[Events] Dialect NLP: Thinking outside the box when processing non-standard and low-resource languages(11/26 16:30)
- 소프트웨어융합대학
- Hit405
- 2025-11-17
Title: Dialect NLP: Thinking outside the box when processing non-standard and low-resource languages
Speaker: Dr. Verena Blaschke @ LMU Munich
Time : 16:30 - 17:30, Nov 26th, 2025
Location: Online
https://hli.skku.edu/InvitedTalk251126
Language: English speech & English slides
Abstract:
Natural language processing (NLP) has improved by leaps and bounds when it comes to processing data from standardized languages with plenty of available data, like German. However, NLP lags behind when closely related non-standard varieties are concerned. In this talk, I will describe ways in which processing dialect data differs from processing standard-language data, and discuss some of the current challenges in dialect NLP research.

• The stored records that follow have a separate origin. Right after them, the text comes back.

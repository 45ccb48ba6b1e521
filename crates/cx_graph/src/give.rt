ghost use Rattle.std.specs.Prelude.{◌≡◌, ◌<◌, ◌^◌};
ghost use Rattle.cx_graph.specs.Hubs.{group_of, rank_of};

/// A node that leads to each taker of its class and key whose bound is above its place.
#[derive(Clone, Copy)]
pub struct Give {
    pub class: u64,
    pub key: u32,
    pub place: u32,
    pub node: u32,
}

impl Give {
    /// The number of the class and key.
    pub fn group(self) -> u128
        ensures value { result ≡ group_of self.class self.key }
        ensures small { result < 2 ^ 96 }
        ensures place { self.place < 2 ^ 32 }
        ensures key { self.key < 2 ^ 32 }
    {
        group(self.class, self.key)
    }

    /// Where it stands among all, in order of class, key and place.
    pub fn rank(self) -> u128
        ensures { result ≡ rank_of self }
    {
        self.group() * 4_294_967_296 + self.place as u128
    }
}

/// The number of a class and a key.
pub fn group(class: u64, key: u32) -> u128
    ensures value { result ≡ group_of class key }
    ensures small { result < 2 ^ 96 }
{
    class as u128 * 4_294_967_296 + key as u128
}
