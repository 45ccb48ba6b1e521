//! Graphs on numbers, and which nodes reach which.
//!
//! A [`Graph`] has nodes with arcs. [`clock`] says of each node how far along a chain of nodes those go that reach it. What a path is stands in
//! `specs/Graph.antt`.
#![tactic(auto)]

mod clocks;
mod give;
mod graph;
mod hubs;
mod linking;
mod marks;
mod tally;

pub use clocks::clock;
pub use give::Give;
pub use graph::{Graph, Node};
pub use hubs::Hubs;
pub use tally::Tally;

For instance, I will talk about strategies to mitigate the effect of infelicitous subword tokenization caused by ad-hoc pronunciation spellings. Additionally, I argue that we should not only consider how to tackle dialectal variation in NLP, but also why. To this end, I will highlight perspectives of some dialect speaker communities on which language technologies should (or should not) be able to process or produce dialectal in- or output.
Bio:
Verena Blaschke is a final-year PhD student at LMU Munich. She currently researches NLP for non-standard dialects and other low-resource language varieties, investigating how robust language models are towards language variation (and how to make them more robust). Her research is supervised by Barbara Plank and co-supervised by Hinrich Schütze. She also completed a research internship at Apple where she worked on multilingual NLP, and she previously developed software for machine-assisted historical linguistics at the University of Tübingen.